Introduction
The World health organization (WHO) has defined stroke as “rapidly developing clinical signs of focal (or global) disturbance of cerebral function, with symptoms lasting 24 hours or longer or leading to death, with no apparent cause other than of vascular origin.”1 It is one of the main reasons of adult disability and the second most common reason of death.1 Stroke is a main reason of morbidity and mortality in an old age people. In the ageing, ischemic stroke accounts for >80% of all stroke cases.2
The causes of cellular injury subsequent ischemia are multifactorial, but there is rising indication suggesting the character of reactive oxygen species (ROS) in its pathogenesis. Oxidative stress resultant from generation of ROS is involvement in the neuronal damage produced by ischemia and reperfusion, one of the main goals in stroke treatment because the recanalization of an occluded artery and restoration of the blood flow can save brain tissue.3 However, reperfusion might have some deleterious effects because oxidative stress can rapidly take place on reoxygenation.4 ROS generated during ischemia/reperfusion can react with unsaturated lipids of bio membranes, thereby generating malondialdehyde (MDA), an end-product of lipid peroxidation. MDA could be a biomarker of tissue injury and reflect oxidative damage; indeed, several studies have shown increased MDA concentrations in acute stroke patients.5
Natural antioxidants include enzymes and non-enzyme antioxidants. Antioxidant enzymes include SOD, catalase (CAT), peroxidase, glutathione peroxidase (GSH-Px), and NADPH, and enhancing the activities of these can result in antioxidant effects. Non-enzymatic antioxidants are mostly derived from natural plants or their extracts and include vitamin C, vitamin E, glutathione, melatonin, carotenoids, resveratrol, ursolic acid, and microminerals such as copper, zinc, and selenium.
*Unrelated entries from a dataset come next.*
//! The places of the dots in a compact text (RFC 7515 section 7.1, RFC 7516 section 7.1), found 32 octets at a time.
ghost use Rattle.std.specs.Prelude.{◌≡◌, ◌≤◌, nat_lt, length, position};
ghost use Rattle.std.specs.List.{position_or_len};
ghost use Rattle.objects.specs.Texts.{is_dot};

use std::simd::prelude::*;

/// The place of the first dot.
pub(crate) fn first_dot(text: &[u8]) -> Option<usize>
    ensures { result ≡ position is_dot text.now }
{
    let passed = without_dots(text);
    let i = first_dot_by_octets(&text[passed..])?;
    Some(passed + i)
}

/// The same, octet by octet.
fn first_dot_by_octets(text: &[u8]) -> Option<usize>
    ensures { result ≡ position is_dot text.now }
{
    text.iter().position(|c| *c == b'.')
}

/// A number of octets at the front of the text without a dot: those before the first block with a dot, or before the last octets, which are
/// no block.
fn without_dots(text: &[u8]) -> usize
    ensures none { result ≤ position_or_len is_dot text.now }
    ensures within { result ≤ length text.now }
{
    let (blocks, _) = text.as_chunks::<32>();
    for (i, block) in blocks.iter().enumerate() {
        if has_dot(block) {
            return 32 * i;
        }
    }
    32 * blocks.len()
}

/// Whether there is a dot in the block.
fn has_dot(block: &[u8; 32]) -> bool
    ensures { result ≡ nat_lt (position_or_len is_dot block.now) 32 }
{
    u8x32::from_array(*block)
        .simd_eq(u8x32::splat(b'.'))
        .to_bitmask()
        != 0
}
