// Runs the reader over a table of small files and prints how far it comes in each. A line of the table is a name, a
// colon and the bytes of a file in hexadecimal; 72*6E stands for 72 bytes 6E. Empty lines and lines that begin with #
// are passed over.
#![tactic(auto)]

ghost use Rattle.std.specs.Prelude.{◌≡◌, ◌<◌, IfSome};
ghost use Rattle.vectors.specs.Hex.{digit_of, spelled};

use filereader::{Survey, read_head, read_through};
use market::{FAMILIES, Fault};
use std::alloc::Global;
use std::io::{BufRead, BufReader};
use std::{fmt, io};

// What became of a file: how many entries were read whole, and the fault that ended the reading.
#[derive(Clone, Copy)]
struct Outcome(Survey);

impl fmt::Display for Outcome {
    fn fmt<W: fmt::Write>(&self, f: &mut fmt::Formatter<W>) -> fmt::Result {
        let entries = self.0.entries;
        let Some(fault) = self.0.fault else {
            return write!(f, "{entries} entries");
        };
        let cause = u32::from(fault.cause);
        let layer = u32::from(fault.layer());
        let Fault { entry, place, .. } = fault;
        write!(
            f,
            "{entries} entries, cause {cause} layer {layer} entry {entry} place {place}"
        )
    }
}

// The value of a hexadecimal digit of either case; none for any other byte. std's `to_digit` speaks of characters and of
// 32 bits, so that a byte would be turned into one and its digit back.
fn digit(b: u8) -> Option<u8>
    ensures is { result ≡ digit_of b }
    ensures small { IfSome result (λ d. d < 16) }
{
    match b {
        b'0'..=b'9' => Some(b - b'0'),
        b'A'..=b'F' => Some(b - b'A' + 10),
        b'a'..=b'f' => Some(b - b'a' + 10),
        _ => None,
    }
}

// The byte that two hexadecimal digits spell; none for any other text.
fn byte_of(text: &[u8]) -> Option<u8>
    ensures { result ≡ spelled text.now }
{
    let [high, low] = text else {
        return None;
    };
    let high = digit(*high)?;
    let low = digit(*low)?;
    Some(16 * high + low)
}

// Appends what one token spells: a byte, or a count, a star and a byte.
fn append_token(bytes: &mut Vec<u8>, token: &str) -> io::Result<()> {
    let (count, digits) = token.split_once('*').unwrap_or(("1", token));
    let Ok(times) = count.parse::<u16>() else {
        return Err(io::Error::other("a count before a star is a number below 65536"));
    };
    let Some(byte) = byte_of(digits.as_bytes()) else {
        return Err(io::Error::other("a byte is two hexadecimal digits"));
    };
    bytes.resize(bytes.len().saturating_add(usize::from(times)), byte)?;
    Ok(())
}

// The bytes that a text spells.
fn decode(heap: Global, text: &str) -> io::Result<Vec<u8>> {
    let mut bytes = Vec::new(heap);
    for token in text.split_whitespace() {
        append_token(&mut bytes, token)?;
    }
    Ok(bytes)
}

// Reads a file from its first byte to its end or its first fault.
fn outcome_of(file: &[u8]) -> Outcome {
    Outcome(match read_head(file) {
        Ok(head) => read_through(file, &FAMILIES, head),
        Err(fault) => Survey {
            entries: 0,
            fault: Some(fault),
        },
    })
}

// Runs one line of the table; whether it was a case.
fn run_line(rt: &HostRuntime, line: &str) -> io::Result<bool> {
    if line.is_empty() || line.starts_with('#') {
        return Ok(false);
    }
    let Some((name, text)) = line.split_once(':') else {
        return Err(io::Error::other("a case is a name, a colon and bytes"));
    };
    let bytes = decode(rt.alloc(), text)?;
    let outcome = outcome_of(bytes.as_slice());
    println!(rt; "{name}: {outcome}")?;
    Ok(true)
}

// Runs the table; how many cases it had.
fn run(rt: &HostRuntime) -> io::Result<u64> {
    let mut cases = 0u64;
    for line in BufReader::new(rt.alloc(), rt.stdin())?.lines(rt.alloc()) {
        if run_line(rt, line?.as_str())? {
            cases = cases.saturating_add(1);
        }
    }
    Ok(cases)
}

fn main(rt: HostRuntime) -> io::Result<()> {
    let cases = run(&rt)?;
    println!(rt; "{cases} cases")
}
These are extremely important in minimizing oxidative stress.6, 7, 8, 9
Taking into thought of the overhead evidences, this study was done to investigate the correlation of prognostic factors in stroke and haemorrhagic patients with serum malondialdehyde (MDA), Nitric oxide (NO), Glutathione peroxides, Uric acid, Superoxide dismutase (SOD), Catalase, Vitamin C (ascorbic acid) and Vitamin E (α- tocopherol) in patients with ischemic and haemorrhagic stroke cases. Until now there have been few studies that compared the differences between two types of strokes.
Objective of the Study
The current research work is planned to study oxidative stress and anti-oxidant status in stroke and compare it in cases of ischemic and haemorrhagic stroke.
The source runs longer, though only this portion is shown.